My youngest, on the other hand, is Nathan, and everyone calls him Nate or Natey, and it doesn't bother me, or him. I think eventually he'll just go by Nate.

I didn't think it was possible to shorten Ryan's name, but it is. For the last few years, his friends have called him Ry. His girlfriend even calls him Ry-Guy.
 

fallon

Super Moderator
Jul 19, 2007
10,868
1
0
42
Michigan
I'm still undecided on shortening the new babies name. I like Madeline but already everyone is calling her Maddie. Debra Lyn goes by her first and middle name, but we call Logan "Bub" most of the time. Funny how things work out
 

guardianof3

Junior Member
May 23, 2010
2
0
0
36
Yakima, WA
I have yet to have any children of my own, but I would only tell my family and my husbands.

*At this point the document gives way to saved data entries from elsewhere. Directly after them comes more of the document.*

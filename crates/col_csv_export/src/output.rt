//! Puts records into a sink.
ghost use Rattle.std.specs.Prelude.{◌≡◌, [], ◌++◌, IfOk, OnOk};
ghost use Rattle.csv.specs.Records.{fields_of};
ghost use Rattle.csv.specs.Writing.{default_writer, row_text};
ghost use Rattle.col_csv.specs.Csv.{record_text};
ghost use Rattle.col_csv_export.specs.Putting.{PutsText};

use col_common::{ColumnarError, Sink, serialize_bytes};
use csv::{ByteRecord, WriterBuilder};
use std::alloc::{AllocError, Global};
use std::mem;

// How many bytes of text are held back at most before they are written.
pub(crate) const HELD_LEN: usize = 65536;

// Puts the text of a record behind the text that is held back, and writes that where it is long.
pub(crate) fn put_record<K: Sink>(
    alloc: Global,
    fields: &ByteRecord,
    held: &mut Vec<u8>,
    output: &mut K,
) -> Result<(), ColumnarError>
    ensures { PutsText (K.seen output.old) (K.seen output.new) result held.old.items held.new.items
        (record_text (fields_of fields.now)) }
{
    push_record(alloc, fields, held)?;
    write_held(held, output)
}

// Writes the text that is held back where it is long.
pub(crate) fn write_held<K: Sink>(held: &mut Vec<u8>, output: &mut K) -> Result<(), ColumnarError>
    ensures { PutsText (K.seen output.old) (K.seen output.new) result
        held.old.items held.new.items [] }
{
    if held.len() < HELD_LEN {
        return Ok(());
    }
    serialize_bytes(output, held)?;
    held.clear();
    Ok(())
}

// Appends the text of a record. A refusal may lose what was there.
#[tactic(auto, unfolding(col_csv::specs::Csv::record_text))]
fn push_record(alloc: Global, fields: &ByteRecord, text: &mut Vec<u8>) -> Result<(), AllocError>
    ensures { OnOk result (text.new.items
        ≡ text.old.items ++ record_text (fields_of fields.now)) }
{
    let before = mem::replace(text, Vec::new(alloc));
    *text = with_record(before, fields)?;
    Ok(())
}

// A text with that of a record behind it. A text in memory refuses for want of memory alone.
fn with_record(before: Vec<u8>, fields: &ByteRecord) -> Result<Vec<u8>, AllocError>
    ensures { IfOk result (λ text. text.items
        ≡ before.items ++ row_text default_writer (fields_of fields.now)) }
{
    let mut writer = WriterBuilder::new().from_writer(before);
    if writer.write_byte_record(fields).is_err() {
        return Err(AllocError);
    }
    match writer.into_inner() {
        Ok(text) => Ok(text),
        Err(_) => Err(AllocError),
    }
}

The children I already have with us: their mother told everyone the day they were born. She kept everything to herself.
 

Xero

PF Deity
Mar 20, 2008
15,219
1
0
36
PA
guardianof3 - We appreciate you posting! Just try to make sure that the last post in a thread isn't any older than 30 days before posting in it. This one is from last year. :p Don't worry, we have all done it. Thanks!
 

jessicaadison010

New member
Feb 20, 2022
2
0
1
Pakistan
lookafterbabies.com
A lot of parents have shared with me in whispered tones about their regret over the name of their baby and the guilt it creates for them. Some parents fall for popular names only to realize after putting it on the birth certificate of their child that they've made mistake. Others are pressured to stick to the family tradition of naming their child and come up with a name that they dislike. Then there are the parents who aren't able to agree with one another, and the other parent ends with a grudging acceptance of the other. here is a complete guide how to choose middle names for Ella that suits with other siblings.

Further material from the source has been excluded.